Daha önce başına böyle bir olayın gelmediğini belirten Eratılmış, "Tabii o anda amcanın durumu gerçekten çok kötüydü. İlk başta ne yapacağımı şaşırdım ama amcanın durumu kötü olduğu için hemen güzergahtan çıkıp hastaneye sürdüm. O anda aklıma gelen ilk şey oydu. Aileyle henüz görüşemedim. O gün akşamında amcamızın kızı beni aradı ve teşekkür etti. Bende geçmiş olsun dileklerimi ilettim. Ben tabi o anda kalp krizi geçirdiğini bilmiyordum. Amcanın durumu şu anda iyiymiş. Şu anda gururluyum ve mutluyum. Yine olsa yine yaparım" dedi.
"İYİ Kİ OLAY O OTOBÜSTE OLMUŞ, YOKSA BELKİ HAYATIMI KAYBETMİŞTİM"

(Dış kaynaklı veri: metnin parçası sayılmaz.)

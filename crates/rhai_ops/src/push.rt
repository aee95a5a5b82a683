//! Assignments that append to the blob or the array of a place, in place.
ghost use Rattle.std.specs.Prelude.{◌≡◌, ◌++◌, ◌∷◌, [], Some, Err, option_map, OnOk, OnErr, IfOk, IfErr, if◌then◌else◌};
ghost use Rattle.std.specs.Char.{encode_utf8};
ghost use Rattle.rhai_text.specs.declared.error.SizeKind.TheVariants as size;
ghost use Rattle.rhai_value.specs.End.{array_moved};
ghost use Rattle.rhai_value.specs.Parts.{array_of, blob_of, int_of, text_of};
ghost use Rattle.rhai_value.specs.Rows.{trees_of};
ghost use Rattle.rhai_value.specs.Tree.{array, blob, branch, copy_trees, fresh, made, unit};
ghost use Rattle.rhai_ops.specs.Outcome.{IsOutcome, answers, both, too_large};
ghost use Rattle.rhai_value.specs.Bytes.{low_byte};
ghost use Rattle.rhai_ops.specs.Results.{Holds, appended, blob_and_text, joined_items, part as part_in, pushed};
ghost use Rattle.rhai_ops.specs.Effects.{IsAssigned, answered, assignment, stays};

use crate::answer::{is_allowed, part, value};
use rhai_text::{EvalAltResult, ImmutableString, Limits, Position, SizeKind};
use rhai_value::{Array, Blob, Dynamic, INT, InStore, Part, Store};
use std::alloc::Global;

/// Appends bytes to a blob, or leaves it unchanged on failure.
fn extend(limits: &Limits, bytes: &mut Blob, more: &[u8]) -> Result<Dynamic, EvalAltResult>
    ensures result { IsOutcome (Unit {0}) result (answered (assignment stays) (appended limits.now bytes.old.items more.now)) }
    ensures ok { OnOk result (appended limits.now bytes.old.items more.now ≡ answers (fresh (blob bytes.new.items))) }
    ensures err { OnErr result (bytes.new.items ≡ bytes.old.items) }
{
    if !is_allowed(limits.items, bytes.len(), more.len()) {
        return Err(EvalAltResult::ErrorDataTooLarge(SizeKind::Items, Position::NONE));
    }
    bytes.extend_from_slice(more)?;
    Ok(Dynamic::UNIT)
}

/// Appends bytes to the blob at the place.
pub(crate) fn push_bytes(
    limits: &Limits,
    store: &mut Store,
    left: &mut Dynamic,
    more: &[u8],
) -> Result<Dynamic, EvalAltResult>
    requires { Holds blob_of store.old left.old }
    ensures { IsAssigned (Unit {0}) result (both (appended limits.now) (part_in blob_of store.old left.old) (Some more.now)) left.old left.new store.old store.new }
{
    let mut place = InStore { value: left, store };
    extend(limits, place.held_part_mut::<Blob>(), more)
}

/// Moves an item to the end of an array, and leaves unit; on failure both are unchanged.
#[tactic(auto, using(crate::proofs::Items::item_behind, crate::proofs::Items::count_one_behind))]
fn push(limits: &Limits, items: &mut Array, right: &mut Dynamic) -> Result<Dynamic, EvalAltResult>
    ensures result { IsOutcome (Unit {0}) result (answered (assignment stays) (pushed limits.now (trees_of items.old.items) right.old)) }
    ensures ok { OnOk result (pushed limits.now (trees_of items.old.items) right.old ≡ answers (made (branch array (trees_of items.new.items)))) }
    ensures left { OnOk result (right.new ≡ fresh unit) }
    ensures err { OnErr result ((items.new.items ≡ items.old.items) × (right.new ≡ right.old)) }
{
    if !is_allowed(limits.items, items.len(), 1) {
        return Err(EvalAltResult::ErrorDataTooLarge(SizeKind::Items, Position::NONE));
    }
    items.reserve(1)?;
    items.push_reserved(std::mem::replace(right, Dynamic::UNIT));
    Ok(Dynamic::UNIT)
}

/// Moves an item to the end of the array at the place, and leaves unit.
#[inline(never)]
pub(crate) fn push_item(
    limits: &Limits,
    store: &mut Store,
    left: &mut Dynamic,
    right: &mut Dynamic,
) -> Result<Dynamic, EvalAltResult>
    requires { Holds array_of store.old left.old }
    ensures assigned { IsAssigned (Unit {0}) result (both (pushed limits.now) (part_in array_of store.old left.old) (Some right.old)) left.old left.new store.old store.new }
    ensures second { IfOk result (λ d. right.new ≡ fresh unit) }
    ensures kept { IfErr result (λ e. right.new ≡ right.old) }
{
    let mut place = InStore { value: left, store };
    push(limits, place.held_part_mut::<Array>(), right)
}

/// Moves all items to the end of an array; on failure both are unchanged.
fn append(limits: &Limits, items: &mut Array, more: &mut Array) -> Result<Dynamic, EvalAltResult>
    ensures result { IsOutcome (Unit {0}) result (answered (assignment stays) (joined_items limits.now (trees_of items.old.items) (trees_of more.old.items))) }
    ensures ok { OnOk result (joined_items limits.now (trees_of items.old.items) (trees_of more.old.items) ≡ answers (made (branch array (trees_of items.new.items)))) }
    ensures err { OnErr result ((items.new.items ≡ items.old.items) × (more.new.items ≡ more.old.items)) }
{
    if !may_join(limits, items, more) {
        return Err(EvalAltResult::ErrorDataTooLarge(SizeKind::Items, Position::NONE));
    }
    items.append(more)?;
    Ok(Dynamic::UNIT)
}

/// Whether the limit allows appending items to an array; always if there are none.
#[tactic(auto, using(crate::proofs::Items::may_join))]
fn may_join(limits: &Limits, items: &Array, more: &Array) -> bool
    ensures { joined_items limits.now (trees_of items.now.items) (trees_of more.now.items)
        ≡ (if result then answers (made (branch array (trees_of (items.now.items ++ more.now.items)))) else too_large size.Items) }
{
    items.is_empty() || more.is_empty() || is_allowed(limits.items, items.len(), more.len())
}

/// Moves all items of an array to the end of the array at the place.
fn append_at(
    limits: &Limits,
    store: &mut Store,
    left: &mut Dynamic,
    more: &mut Array,
) -> Result<Dynamic, EvalAltResult>
    requires { Holds array_of store.old left.old }
    ensures assigned { IsAssigned (Unit {0}) result (both (joined_items limits.now) (part_in array_of store.old left.old) (Some (trees_of more.old.items))) left.old left.new store.old store.new }
    ensures kept { IfErr result (λ e. more.new.items ≡ more.old.items) }
{
    let mut place = InStore { value: left, store };
    append(limits, place.held_part_mut::<Array>(), more)
}

/// Copies the items of an array, if the limit allows appending them; the limit is tested before
/// anything is copied.
#[tactic(auto, using(crate::proofs::Items::copied_refused, crate::proofs::Items::copied_answer, crate::proofs::Effects::still_answer))]
fn copies(
    alloc: Global,
    limits: &Limits,
    store: &Store,
    left: &Dynamic,
    right: &Dynamic,
) -> Result<Array, EvalAltResult>
    requires first { Holds array_of store.now left.now }
    requires second { Holds array_of store.now right.now }
    ensures ok { IfOk result (λ v. option_map copy_trees (part_in array_of store.now right.now) ≡ Some (trees_of v.items)) }
    ensures err { IfErr result (λ e. IsOutcome (Unit {0}) (Err e) (answered (assignment stays) (both (joined_items limits.now) (part_in array_of store.now left.now) (option_map copy_trees (part_in array_of store.now right.now))))) }
{
    let more = part::<Array>(right, store);
    if !may_join(limits, part::<Array>(left, store), more) {
        return Err(EvalAltResult::ErrorDataTooLarge(SizeKind::Items, Position::NONE));
    }
    Ok(more.try_clone(alloc)?)
}

/// Appends the items of the second operand to the array at the place, and leaves unit in the second
/// operand. Its own items are moved; items held in a cell are copied.
#[tactic(auto, using(crate::proofs::FromBelow::array_over))]
pub(crate) fn append_items(
    alloc: Global,
    limits: &Limits,
    store: &mut Store,
    left: &mut Dynamic,
    right: &mut Dynamic,
) -> Result<Dynamic, EvalAltResult>
    requires first { Holds array_of store.old left.old }
    requires second { Holds array_of store.old right.old }
    ensures assigned { IsAssigned (Unit {0}) result (both (joined_items limits.now) (part_in array_of store.old left.old) (array_moved store.old right.old)) left.old left.new store.old store.new }
    ensures second { IfOk result (λ d. right.new ≡ fresh unit) }
    ensures kept { IfErr result (λ e. right.new ≡ right.old) }
{
    if let Some(own) = Array::own_mut(right) {
        let done = append_at(limits, store, left, own);
        if done.is_ok() {
            leave_unit(right);
        }
        return done;
    }
    let mut copies = copies(alloc, limits, store, left, right)?;
    let done = append_at(limits, store, left, &mut copies);
    if done.is_ok() {
        leave_unit(right);
    }
    done
}

/// Replaces the second operand by unit.
fn leave_unit(right: &mut Dynamic)
    ensures { right.new ≡ fresh unit }
{
    *right = Dynamic::UNIT;
}

/// Appends the bytes of a blob to the blob at the place. The limit is tested before anything is
/// copied.
#[tactic(auto, using(crate::proofs::Bytes::own_blob))]
fn append_bytes(
    alloc: Global,
    limits: &Limits,
    store: &mut Store,
    left: &mut Dynamic,
    right: &Dynamic,
) -> Result<Dynamic, EvalAltResult>
    requires first { Holds blob_of store.old left.old }
    requires second { Holds blob_of store.old right.now }
    ensures { IsAssigned (Unit {0}) result (both (appended limits.now) (part_in blob_of store.old left.old) (part_in blob_of store.old right.now)) left.old left.new store.old store.new }
{
    if let Some(own) = Blob::own(right) {
        return push_bytes(limits, store, left, own);
    }
    let bytes = part::<Blob>(right, store);
    if !is_allowed(limits.items, part::<Blob>(left, store).len(), bytes.len()) {
        return Err(EvalAltResult::ErrorDataTooLarge(SizeKind::Items, Position::NONE));
    }
    let bytes = Vec::from_slice(alloc, bytes)?;
    push_bytes(limits, store, left, &bytes)
}

/// Appends the bytes of the second operand to the blob at the place, and leaves unit in the second
/// operand.
pub(crate) fn append_blob(
    alloc: Global,
    limits: &Limits,
    store: &mut Store,
    left: &mut Dynamic,
    right: &mut Dynamic,
) -> Result<Dynamic, EvalAltResult>
    requires first { Holds blob_of store.old left.old }
    requires second { Holds blob_of store.old right.old }
    ensures assigned { IsAssigned (Unit {0}) result (both (appended limits.now) (part_in blob_of store.old left.old) (part_in blob_of store.old right.old)) left.old left.new store.old store.new }
    ensures second { IfOk result (λ d. right.new ≡ fresh unit) }
    ensures kept { IfErr result (λ e. right.new ≡ right.old) }
{
    let done = append_bytes(alloc, limits, store, left, right);
    if done.is_ok() {
        leave_unit(right);
    }
    done
}

/// Appends the low byte of an int to the blob at the place.
#[inline(never)]
pub(crate) fn push_byte(
    limits: &Limits,
    store: &mut Store,
    left: &mut Dynamic,
    right: &Dynamic,
) -> Result<Dynamic, EvalAltResult>
    requires first { Holds blob_of store.old left.old }
    requires second { Holds int_of store.old right.now }
    ensures { IsAssigned (Unit {0}) result (both (appended limits.now) (part_in blob_of store.old left.old) (option_map (λ n. low_byte n ∷ []) (part_in int_of store.old right.now))) left.old left.new store.old store.new }
{
    let number = value::<INT>(right, store);
    let mut place = InStore { value: left, store };
    extend_by_one(
        limits,
        place.held_part_mut::<Blob>(),
        number.rem_euclid(256) as u8,
    )
}

/// Appends a byte to a blob, or leaves it unchanged on failure.
fn extend_by_one(limits: &Limits, bytes: &mut Blob, byte: u8) -> Result<Dynamic, EvalAltResult>
    ensures result { IsOutcome (Unit {0}) result (answered (assignment stays) (appended limits.now bytes.old.items (byte ∷ []))) }
    ensures ok { OnOk result (appended limits.now bytes.old.items (byte ∷ []) ≡ answers (fresh (blob bytes.new.items))) }
    ensures err { OnErr result (bytes.new.items ≡ bytes.old.items) }
{
    if !is_allowed(limits.items, bytes.len(), 1) {
        return Err(EvalAltResult::ErrorDataTooLarge(SizeKind::Items, Position::NONE));
    }
    bytes.reserve(1)?;
    bytes.push_reserved(byte);
    Ok(Dynamic::UNIT)
}

/// Appends the UTF-8 bytes of a character to the blob at the place.
pub(crate) fn push_char(
    limits: &Limits,
    store: &mut Store,
    left: &mut Dynamic,
    character: char,
) -> Result<Dynamic, EvalAltResult>
    requires { Holds blob_of store.old left.old }
    ensures { IsAssigned (Unit {0}) result (both (appended limits.now) (part_in blob_of store.old left.old) (Some (encode_utf8 character))) left.old left.new store.old store.new }
{
    let mut buffer = [0; 4];
    push_bytes(
        limits,
        store,
        left,
        character.encode_utf8(&mut buffer).as_bytes(),
    )
}

/// Appends the UTF-8 bytes of a text to the blob at the place. For an empty text no limit is
/// tested.
#[tactic(auto, using(crate::proofs::Bytes::refused_text, crate::proofs::Bytes::allowed_text))]
pub(crate) fn append_text(
    alloc: Global,
    limits: &Limits,
    store: &mut Store,
    left: &mut Dynamic,
    right: &Dynamic,
) -> Result<Dynamic, EvalAltResult>
    requires first { Holds blob_of store.old left.old }
    requires second { Holds text_of store.old right.now }
    ensures { IsAssigned (Unit {0}) result (both (blob_and_text limits.now) (part_in blob_of store.old left.old) (part_in text_of store.old right.now)) left.old left.new store.old store.new }
{
    if let Some(own) = ImmutableString::own(right) {
        return push_text(limits, store, left, own);
    }
    let text = part::<ImmutableString>(right, store);
    if text.is_empty() {
        return Ok(Dynamic::UNIT);
    }
    if !is_allowed(limits.items, part::<Blob>(left, store).len(), text.len()) {
        return Err(EvalAltResult::ErrorDataTooLarge(SizeKind::Items, Position::NONE));
    }
    let text = text.copy(alloc)?;
    push_text(limits, store, left, &text)
}

/// Appends the UTF-8 bytes of a text to the blob at the place. For an empty text no limit is
/// tested.
fn push_text(
    limits: &Limits,
    store: &mut Store,
    left: &mut Dynamic,
    text: &ImmutableString,
) -> Result<Dynamic, EvalAltResult>
    requires { Holds blob_of store.old left.old }
    ensures { IsAssigned (Unit {0}) result (both (blob_and_text limits.now) (part_in blob_of store.old left.old) (Some text.now)) left.old left.new store.old store.new }
{
    if text.is_empty() {
        return Ok(Dynamic::UNIT);
    }
    push_bytes(limits, store, left, text.as_str().as_bytes())
}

AbdulKerim Bilgün ise Allah'ın sevgili kulu olduğunu söyledi. Otobüsteyken birden terlemeye başladığını vurgulayan Bilgün, "Yanımda eşim ve torunum vardı. Kızıma yemeğe geliyorduk. Sonradan öğrendik ki kalp krizi geçiriyormuşum. Sağolsun otobüs şoförü güzergahtan çıkarak, hemen hastaneye döndü. Ona sonsuz teşekkür ediyorum. Hastanedeki doktorlara da çok teşekkür ediyorum. 35 dakikada hemen 2 tane yüzde 100 kapalı olan damarı açıp, yoğun bakıma aldılar. İyi ki olay o otobüste olmuş, yoksa şimdi belki hayatımı kaybetmiştim. Çünkü 5 tane damar tıkalıydı. Bir gün arayla hepsini açtılar, stentler takıldı. Emeği geçen herkese teşekkür ediyorum. O şoför gibi ülkemizde herkesin duyarlı olmasını istiyorum" şeklinde konuştu.
"ŞOFÖR EŞİMİN HAYATINI KURTARDI"
Eşi Elif Bilgün de o gün otobüse Davultepe'den bindiklerini dile getirdi. Eşinin hastanenin önünde fenalaşmaya başladığını kaydeden Bilgiün, "Otobüs yoluna devam ediyordu. Ben eşim şeker hastası olduğu için ilk başta şeker koması sandım. Etraftan da yolcular su getirdiler, şeker verdiler ama bir düzelme olmadı. Sonra yolcunun biri şoföre söyledi. Şoförde hemen otobüsü durdurdu, geldi baktı durumu kötü ve hemen dönüş yaparak hastaneye geldi. Herkesten Allah'tan razı olsun. Şoföre özellikle teşekkür ediyoruz, eşimin hayatını kurtardı" ifadelerini kullandı.